But how it causes them, we must still discover. When the moon rises on the horizon of any sea, it first casts its luminous rays on the center of that sea and, strongly impressing its power, it moves this sea, and this motion increases until the moon arrives at the meridian. But when it passes over the meridian its effective power is diminished, and the sea recedes toward its original place until the moon has set. When the moon again passes over from the west to the middle of the sky under the earth, the sea is increased; and when the moon passes from the middle of the sky under the earth, the sea is decreased until the moon again begins to rise. And thus in one revolution of the moon from rise to rise, two high tides occur in that place over whose horizon the moon has risen.

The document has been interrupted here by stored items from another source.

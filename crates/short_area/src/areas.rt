ghost use Rattle.std.specs.Prelude.{◌<◌, ◌^◌, IfOk};
ghost use Rattle.geo_core.specs.Bounds.{IsRadius};
ghost use Rattle.fault_model.specs.Areas.{Tally, cells_of};
ghost use Rattle.short_area.specs.Labels.{TouchesTwoLabels};
ghost use Rattle.short_area.specs.Zones.{IsCountOf};
ghost use Rattle.short_area.specs.inside.AreaSteps.{IsStepOf};
ghost use Rattle.short_area.specs.inside.WhatIsLeft.{IsLeftOf};
ghost use Rattle.short_area.specs.inside.ZonesNearCells.{HaveNoThird};

use super::halves::halves;
use super::labels::split;
use super::leaders::counted_by_leader;
use super::part_case::{NONE_TRIED, PartCase, left_of_many, soon_left};
use super::steps::Step;
use super::sweeps::area_of_two;
use super::zones::zones_of;
use geo_core::{Labelled, Rect};
use lists::NoMemory;
use std::alloc::Global;
use union_area::{count_of, parts_at, union_area};

/// How many cells of the window are the centre of a defect that touches pieces of two labels. The defect is the square
/// of side `2r` round the cell's centre, in database units. A cell counts once, whether it is near two labels or more,
/// and pieces of one label count as one piece.
///
/// The one error is that no memory is left.
pub fn short_area(alloc: Global, pieces: &[Labelled], window: Rect, r: u32) -> Result<u64, NoMemory>
    requires { IsRadius r }
    ensures tally { IfOk result (λ n. Tally (TouchesTwoLabels pieces.now r) (cells_of window) n) }

    // No edge of a window is further than 1,001,000,000 from 0.
    ensures small { IfOk result (λ n. n < 2 ^ 63) }
{
    let zones = zones_of(alloc, pieces, window, r)?;
    two_label_area(alloc, zones, window)
}

/// How many cells of the window lie in zones of two labels. A cell counts once, whether it lies in zones of two labels or of more.
///
/// The one error is that no memory is left.
pub fn two_label_area(alloc: Global, zones: Vec<Labelled>, window: Rect) -> Result<u64, NoMemory>
    ensures { IfOk result (λ n. IsCountOf zones.items window n) }
{
    counted(alloc, zones, window, NONE_TRIED)
}

/// How many cells of the window lie in zones of two labels. Of more than an eighth of `hopeless` zones no runs are tried,
/// since so many had too many of them.
fn counted(
    alloc: Global,
    zones: Vec<Labelled>,
    window: Rect,
    hopeless: usize,
) -> Result<u64, NoMemory>
    ensures { IfOk result (λ n. IsCountOf zones.items window n) }
{
    match next_step(alloc, zones.as_slice(), window, hopeless)? {
        Step::Count(count) => Ok(count),
        Step::Halve(axis, place, hopeless) => {
            let (first, second) = parts_at(window, axis, place);
            let (before, behind) = halves(alloc, zones, first, second)?;
            let one = counted(alloc, before, first, hopeless)?;
            let other = counted(alloc, behind, second, hopeless)?;
            Ok(one + other)
        }
    }
}

/// What comes next of a window with these zones: its count, or a place at which to halve it.
fn next_step(
    alloc: Global,
    zones: &[Labelled],
    window: Rect,
    hopeless: usize,
) -> Result<Step, NoMemory>
    ensures { IfOk result (IsStepOf zones.now window) }
{
    if let Some(left) = soon_left(alloc, zones, window, hopeless)? {
        return step_from(alloc, zones, window, left);
    }
    if let Some(count) = counted_by_leader(alloc, zones, window)? {
        return Ok(Step::Count(count));
    }
    let left = left_of_many(alloc, zones, window, hopeless)?;
    step_from(alloc, zones, window, left)
}

/// The count of what is left of a window, or the place at which to halve it.
fn step_from(
    alloc: Global,
    zones: &[Labelled],
    window: Rect,
    left: PartCase,
) -> Result<Step, NoMemory>
    requires { IsLeftOf zones.now window left }
    ensures { IfOk result (IsStepOf zones.now window) }
{
    match left {
        PartCase::Nothing => Ok(Step::Count(0)),
        PartCase::All => Ok(Step::Count(count_of(window))),
        PartCase::InOne(rects) => Ok(Step::Count(union_area(alloc, rects.as_slice(), window)?)),
        PartCase::InTwo(rects) => Ok(Step::Count(area_of_two(alloc, rects.as_slice(), window)?)),
        PartCase::InBoth(one, other) => {
            Ok(Step::Count(counted_apart(alloc, zones, window, one, other)?))
        }
        PartCase::InHalves(axis, place, hopeless) => Ok(Step::Halve(axis, place, hopeless)),
    }
}

/// The count where there are these two labels alone, without runs: the cells of the one and those of the other, less those
/// of either.
pub fn counted_apart(
    alloc: Global,
    zones: &[Labelled],
    window: Rect,
    one: usize,
    other: usize,
) -> Result<u64, NoMemory>
    requires { HaveNoThird zones.now one other }
    ensures { IfOk result (λ n. IsCountOf zones.now window n) }
{
    let (mut own, others) = split(alloc, zones, one)?;
    let in_one = union_area(alloc, own.as_slice(), window)?;
    let in_other = union_area(alloc, others.as_slice(), window)?;
    own.extend_from_slice(others.as_slice())?;
    let in_either = union_area(alloc, own.as_slice(), window)?;
    Ok(in_one + in_other - in_either)
}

However, the explanation of why the high and low tides correspond to these four quarters of the sky is very difficult. It is clear enough from what has been said why the high tide occurs between the moon's rise and its arrival at the meridian and why the low tide occurs when the moon is passing from the meridian to the western horizon. For while it is rising it impresses its power more strongly than when it is setting. But the other high and low tide take place when the moon is in the two quarters below the horizon, and its light cannot act on the sea. Since heavenly bodies can only act on lower bodies by their light, it is doubtful how the moon can be the cause of the motion of the sea. The astronomers answer this by saying that opposite quarters of the sky have similar effects, but whether this is true remains to be proved and is in need of further investigation.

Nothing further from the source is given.